We live in a relatively quiet, laid-back area of Toronto, not exactly the suburbs, but still far from the stress and hubbub of downtown. It's a middle-class residential area, probably upper middle-class these days, given recent house prices. A desirable area.
Our house is on a relatively quiet street, a couple of blocks from the quiet end of the main shopping street. It's not actually a cul-de-sac, but a short one-block street linking two cul-de-sacs. It doesn't really go anywhere, and it's not a short-cut to anywhere.
It is, however, right by the boardwalk and the beach, overlooking a pleasant park, and, although it is at the quiet end of the beach, it's a magnet for dog-walkers and paddle-boarders in the summer (it really is a quiet, peaceful place in the winter, when the residents get to reclaim their neighbourhood from the tourist hordes).
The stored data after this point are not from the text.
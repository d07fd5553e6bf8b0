//! Laws of the text.
ghost use Rattle.certificate_text.specs.Laws.{TextsLead, LeadToCertificates, LinesHaveForms, LinesTell, TextsTell};
ghost use Rattle.certificate_text.specs.Laws.{TextsAreCutOneWay, TextsAreSpelledOneWay, ZeroHasNone, ZeroIsUpTo};
ghost use Rattle.certificate_text.specs.Laws.{UpGrows, LoGrows, TailGrows, ExGrows, TextsAreShort, TextsFitFiles};

use certificate_lines::lines_are_spelled_one_way;

/// The lines of a certificate in range lead from the first line to the end, and each has a form.
pub fn texts_lead()
    ensures lead { TextsLead }
    ensures forms { LinesHaveForms }
{}

/// Lines that lead from the first line to the end are those of a certificate in range.
pub fn lead_to_certificates()
    ensures led { LeadToCertificates }
{}

/// Two certificates in range that have the same lines, or the same text, are the same.
pub fn texts_tell()
    ensures lines { LinesTell }
    ensures texts { TextsTell }
{
    lines_are_spelled_one_way();
}

/// Lines are cut from a text in one way.
pub fn lines_are_cut_one_way()
    ensures front { TextsAreCutOneWay }
    ensures whole { TextsAreSpelledOneWay }
{
    lines_are_spelled_one_way();
}

/// A price or a tail that is set above the key of the last entry is one entry more, at the end.
pub fn entries_grow()
    ensures up { UpGrows }
    ensures lo { LoGrows }
    ensures tail { TailGrows }
    ensures ex { ExGrows }
{}

/// The list of zeros has no entry.
pub fn zeros_have_no_entry()
    ensures none { ZeroHasNone }
    ensures up_to { ZeroIsUpTo }
{}

/// The text of a certificate in range is no longer than its numbers of lists, of prices of exclusions and of nodes
/// allow.
pub fn texts_are_short()
    ensures short { TextsAreShort }
    ensures fit { TextsFitFiles }
{}
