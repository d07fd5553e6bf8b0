//! The lengths of single lines, each with its line feed.
ghost use Rattle.std.specs.Prelude.{◌≡◌, ◌≤◌, length};
ghost use Rattle.certificate_lines.specs.Spelling.{word};
ghost use Rattle.certificate_lines.specs.Steps.{side_text};
ghost use Rattle.certificate_text.specs.Text.{line_text, node_line, ex_line};
ghost use Rattle.certificate_text.specs.Steps.{limit_form};
ghost use Rattle.certificate_lines.specs.declared.line.CertificateLine.{CertificateLine};

use certificate_tree::{Bound, Node, Side, Version};
use fixed_num::Line;
use lagrange_bound::ExPrice;

/// How many bytes a blank and a number have.
pub fn word_length(n: u64) -> u64
    ensures value { result ≡ length (word n) }
    ensures small { result ≤ 65 }
{
    Line::of_natural(n).bytes().len() as u64 + 1
}

/// The line of a version.
pub(crate) fn title_length(version: Version) -> u64
    ensures value { result ≡ length (line_text (CertificateLine.Title version)) }
    ensures small { result ≤ 300 }
{
    match version {
        Version::One => 9,
        Version::Two => 9,
    }
}

/// The line of a bound.
pub fn bound_length(bound: Bound) -> u64
    ensures value { result ≡ length (line_text (CertificateLine.Bound bound)) }
    ensures small { result ≤ 300 }
{
    match bound {
        Bound::NoPlan => 11,
        Bound::Least(n) => Line::of_int(n).bytes().len() as u64 + 7,
    }
}

/// The line that says how many price lists follow.
pub fn count_length(count: u64) -> u64
    ensures value { result ≡ length (line_text (CertificateLine.Lists count)) }
    ensures small { result ≤ 300 }
{
    word_length(count) + 6
}

/// The line of the price of a limit.
pub(crate) fn limit_length(side: Side, c: u64, t: u64, v: u64) -> u64
    ensures value { result ≡ length (line_text (limit_form side c t v)) }
    ensures small { result ≤ 300 }
{
    let _side = side;
    word_length(c) + word_length(t) + word_length(v) + 3
}

/// The line of the price of an exclusion.
pub(crate) fn ex_length(x: ExPrice) -> u64
    ensures value { result ≡ length (line_text (ex_line x)) }
    ensures small { result ≤ 300 }
{
    let e = u64::from(x.exclusion) + 1;
    word_length(e) + word_length(u64::from(x.period)) + word_length(u64::from(x.value)) + 3
}

/// How many bytes a side and the blank in front of it have.
fn side_length(side: Side) -> u64
    ensures value { result ≡ length (side_text side) }
    ensures small { result ≤ 6 }
{
    match side {
        Side::Over => 5,
        Side::Under => 6,
    }
}

/// The line of a node.
pub(crate) fn node_length(node: Node) -> u64
    ensures value { result ≡ length (line_text (node_line node)) }
    ensures small { result ≤ 300 }
{
    match node {
        Node::Split { i, last } => {
            word_length(u64::from(i) + 1) + word_length(u64::from(last)) + 6
        }
        Node::Cost { list } => word_length(u64::from(list)) + 5,
        Node::Point => 6,
        Node::Band { c, t, side } => {
            word_length(u64::from(c) + 1) + word_length(u64::from(t)) + side_length(side) + 5
        }
        Node::Excl { e } => word_length(u64::from(e) + 1) + 5,
        Node::Empty { i } => word_length(u64::from(i) + 1) + 6,
    }
}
But, as I was sat out on the front porch with a cup of tea and the newspaper the other day, looking forward to a nice relaxing half hour on a sunny Wednesday morning, I was beset by noise from multiple sources. It was not so much traffic noise, although our little street has a surprising amount of that, including the ridiculously noisy impositions of garbage trucks, deliveries to the small lakeside sports club, and the occasional de-mufflered motorbike (why?)
No, the noise was mainly coming from my neighbours. In addition to yapping dogs (there are always yapping dogs, any time of day or night, it seems) and loud kids' summer camps (which it's hard to complain too much about, I guess), at any given time there are: lawnmowers and weed-whackers (both household and municipal); leaf-blowers; circular saws, drills and other construction noise; chain saws from the constant tree maintenance crews that tend the many mature trees in the area; compressed-air paddleboard inflators; screaming Sea-Dos out in the lake; and any number of other sources of noise.
Much of this cacophony seem totally unnecessary, but we have become so innured to all this ambient noise these days that often we don't even notice it. How I wish it weren't so.